Multi-module forward error

Aryan_Asadian · August 28, 2020, 4:23pm

Hi. I’m trying to create a model by using sub_layers of two different models. the first model is defined in this way:

class Model5Layer_128(nn.Module):
    def __init__(self):
        super(Model5Layer_128, self).__init__()
        self.conv1 = nn.Conv2d(in_channels= 3,out_channels= 6,kernel_size= 5)
        self.pool = nn.MaxPool2d(kernel_size=2,stride=2)
        self.conv2 = nn.Conv2d(in_channels= 6, out_channels= 16, kernel_size= 5)
        self.fc1 = nn.Linear(in_features=16 * 5 * 5, out_features= 128)
        self.fc2 = nn.Linear(in_features= 128,out_features= 10)

    def forward(self, x):
        x = self.pool(F.relu(self.conv1(x)))
        x = self.pool(F.relu(self.conv2(x)))
        x = x.view(-1, 16 * 5 * 5)
        x = F.relu(self.fc1(x))
        x = F.relu(self.fc2(x))
        x = F.softmax(x,dim=-1)
        return x

Then I use a fraction of an instance of this model + a regressor and train it. For the second phase, I remove the regressor and try to reimplement the model( a model with the same architecture of the model above) by using this method:

# remove the regressor from our model, return the trained partial model
def get_cnn_regressor_removed_partial_student():
    basic_model = Model5Layer_128()
    cnn_regressor_added_student = nn.Sequential(*list(basic_model.children())[:3])
    return cnn_regressor_added_student

combined_student = nn.Sequential(regressor_removed_student,*list(model_128.children())[3:])
print(combined_student)

It seems correct, but when I try to train the whole model or use torch summary, I get this error

RuntimeError: size mismatch, m1: [320 x 10], m2: [400 x 128] at /pytorch/aten/src/TH/generic/THTensorMath.cpp:41

Any help would be appreciated.

ptrblck · August 30, 2020, 10:00am

I’m not sure if basic_model and model_128 refer to Model5Layer_128, but if so you should be careful about putting the child modules into an nn.Sequential block.
nn.Sequential is used for simple models, where each operation can be expressed via an nn.Module.
In your Model5Layer_128 you are using the functional API (F.relu, x.view, and F.softmax) which will not be added to the final model.

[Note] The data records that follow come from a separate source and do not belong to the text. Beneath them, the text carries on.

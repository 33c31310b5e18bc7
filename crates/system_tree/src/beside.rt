//! The new file beside the old one, until it replaces the old one.
//!
//! A run locks the file that it makes at once, and holds the lock until the file is renamed or removed. A file that an
//! earlier run left is removed only by a run that has its lock, and only while its name still leads to it. So no other
//! run touches the name of a locked file. A file may be taken for a leftover before its own run has locked it; that run
//! then gives the file up: it doesn't get the lock, or finds, before the rename, that the name leads to another file or
//! to none.

use crate::folder::{Folder, identity_of};
use crate::patient;
use file_tree::fault::TreeFault;
use file_tree::kind::Identity;
use std::fs::{File, Metadata, OpenOptions, TryLockError};
use std::io;
use std::io::ErrorKind;
use std::os::unix::fs::{MetadataExt, OpenOptionsExt};
use std::time::SystemTime;

/// How many names are tried for the new file.
const TRIES: u32 = 1_000;

/// A new file beside the old one.
#[derive(Drop)]
pub struct Beside {
    path: String,
    file: File,
    /// The metadata that the file had when it was made.
    metadata: Metadata,
}

/// Whether the metadata that was found is that of the file with this identity.
fn is_of(found: io::Result<Metadata>, identity: Identity) -> bool {
    match found {
        Ok(metadata) => identity_of(&metadata) == identity,
        Err(_) => false,
    }
}

impl Beside {
    pub fn file(&self) -> &File {
        &self.file
    }

    pub fn metadata(&self) -> &Metadata {
        &self.metadata
    }

    /// Whether the file's name still leads to it.
    pub fn is_there(&self, rt: &HostRuntime) -> bool {
        let found = patient::symlink_metadata(rt, self.path.as_str());
        is_of(found, identity_of(&self.metadata))
    }

    /// Renames the file over another.
    pub fn put_over(&self, rt: &HostRuntime, path: &str) -> bool {
        patient::rename(rt, self.path.as_str(), path).is_ok()
    }

    /// Removes the file, unless its name is known to lead to another file by now, or to none.
    pub fn remove(&self, rt: &HostRuntime) {
        let is_gone = match patient::symlink_metadata(rt, self.path.as_str()) {
            Ok(found) => identity_of(&found) != identity_of(&self.metadata),
            Err(error) => error.kind() == ErrorKind::NotFound,
        };
        if !is_gone {
            let _ = patient::remove_file(rt, self.path.as_str());
        }
    }
}

/// The path of a file beside the old one.
fn path_beside(rt: &HostRuntime, folder: &Folder, number: u32) -> Result<String, TreeFault> {
    let front = folder.front();
    match format!(in rt.alloc(); "{front}.tffmt.{number}") {
        Ok(path) => Ok(path),
        Err(_) => Err(TreeFault::OutOfMemory),
    }
}

/// Makes a file of this path, which nobody but its owner can read, and locks it if the file system has locks. Returns
/// none if another file has the path, or another run takes this file for a leftover.
fn make_at(rt: &HostRuntime, path: String) -> Result<Option<Beside>, TreeFault> {
    let opened = OpenOptions::new()
        .write(true)
        .create_new(true)
        .mode(0o600)
        .open(rt, path.as_str());
    let file = match opened {
        Ok(file) => file,
        Err(error) if error.kind() == ErrorKind::AlreadyExists => return Ok(None),
        Err(_) => return Err(TreeFault::NoneBeside),
    };
    if let Err(TryLockError::WouldBlock) = file.try_lock() {
        return Ok(None);
    }
    match patient::open_metadata(&file) {
        Ok(metadata) => Ok(Some(Beside {
            path,
            file,
            metadata,
        })),
        Err(_) => {
            let _ = patient::remove_file(rt, path.as_str());
            Err(TreeFault::NotWritten)
        }
    }
}

/// Makes a file beside the old one under the first free name. Returns none if no name is free.
fn make_new(rt: &HostRuntime, folder: &Folder) -> Result<Option<Beside>, TreeFault> {
    for number in 0..TRIES {
        let path = path_beside(rt, folder, number)?;
        if let Some(beside) = make_at(rt, path)? {
            return Ok(Some(beside));
        }
    }
    Ok(None)
}

/// Whether a file is the caller's and older than this run.
fn is_older(metadata: &Metadata, caller: u32, began: SystemTime) -> bool {
    match metadata.modified() {
        Ok(changed) => metadata.is_file() && metadata.uid() == caller && changed < began,
        Err(_) => false,
    }
}

/// Removes a file that a run of the caller left when it was cut off before this run began. Returns whether it did.
fn remove_left(rt: &HostRuntime, path: &str, caller: u32, began: SystemTime) -> bool {
    let identity = match patient::symlink_metadata(rt, path) {
        Ok(metadata) if is_older(&metadata, caller, began) => identity_of(&metadata),
        _ => return false,
    };
    // If a pipe has replaced the file, opening for both reading and writing doesn't wait for it.
    let Ok(file) = OpenOptions::new().read(true).write(true).open(rt, path) else {
        return false;
    };
    file.try_lock().is_ok()
        && is_of(patient::open_metadata(&file), identity)
        && is_of(patient::symlink_metadata(rt, path), identity)
        && patient::remove_file(rt, path).is_ok()
}

/// The user of this process, if there is a `/proc`.
fn caller(rt: &HostRuntime) -> Option<u32> {
    match patient::metadata(rt, "/proc/self") {
        Ok(metadata) => Some(metadata.uid()),
        Err(_) => None,
    }
}

/// Makes a file beside the old one, in place of the first one that a run left.
fn make_over(
    rt: &HostRuntime,
    folder: &Folder,
    began: Option<SystemTime>,
) -> Result<Option<Beside>, TreeFault> {
    let (Some(began), Some(caller)) = (began, caller(rt)) else {
        return Ok(None);
    };
    for number in 0..TRIES {
        let path = path_beside(rt, folder, number)?;
        if remove_left(rt, path.as_str(), caller, began)
            && let Some(beside) = make_at(rt, path)?
        {
            return Ok(Some(beside));
        }
    }
    Ok(None)
}

/// Makes a file beside the old one. The run began at `began`.
pub fn make(
    rt: &HostRuntime,
    folder: &Folder,
    began: Option<SystemTime>,
) -> Result<Beside, TreeFault> {
    if let Some(beside) = make_new(rt, folder)? {
        return Ok(beside);
    }
    match make_over(rt, folder, began)? {
        Some(beside) => Ok(beside),
        None => Err(TreeFault::NoneBeside),
    }
}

The better approach would be to create a new custom modules and define the forward properly.

Aryan_Asadian · August 30, 2020, 11:30am

Thank you for your reply. How can I use a part of a pre-defined model to create a new custom module, i.e., I want to get a defined model( such as basic_model in our case), use some of its first layers and add a new layer at the end (a regressor, mainly for dimension compatibility).

ptrblck · August 30, 2020, 10:50pm

Here is a code snippet showing the proposed workflow:

class MyModel(nn.Module):
    def __init__(self):
        super(MyModel, self).__init__()
        
        # load the pretrained model here (or pass as argument to __init__)
        pretrained = models....
        
        # extract layers either by assigning them to new attributes
        self.features = pretrained.features
        # or by using nn.Sequential, if possible
        self.features = nn.Sequential(pretrained.children()[:3])
        
        # add your custom layers here
        self.classifier = ...
        
        
    def forward(self, x):
        # define the new forward using the pretrained modules, your custom layers
        # and the fucntional API
        x = self.features(x)
        x = F.relu(x)
        x = self.classifier(x)
        return x

In this code snippet you can see that I’m reusing some pretrained layers and could potentially wrap them even in an nn.Sequential block, while the forward method is defined explicitly.

Let me know, if you have more questions or get stuck.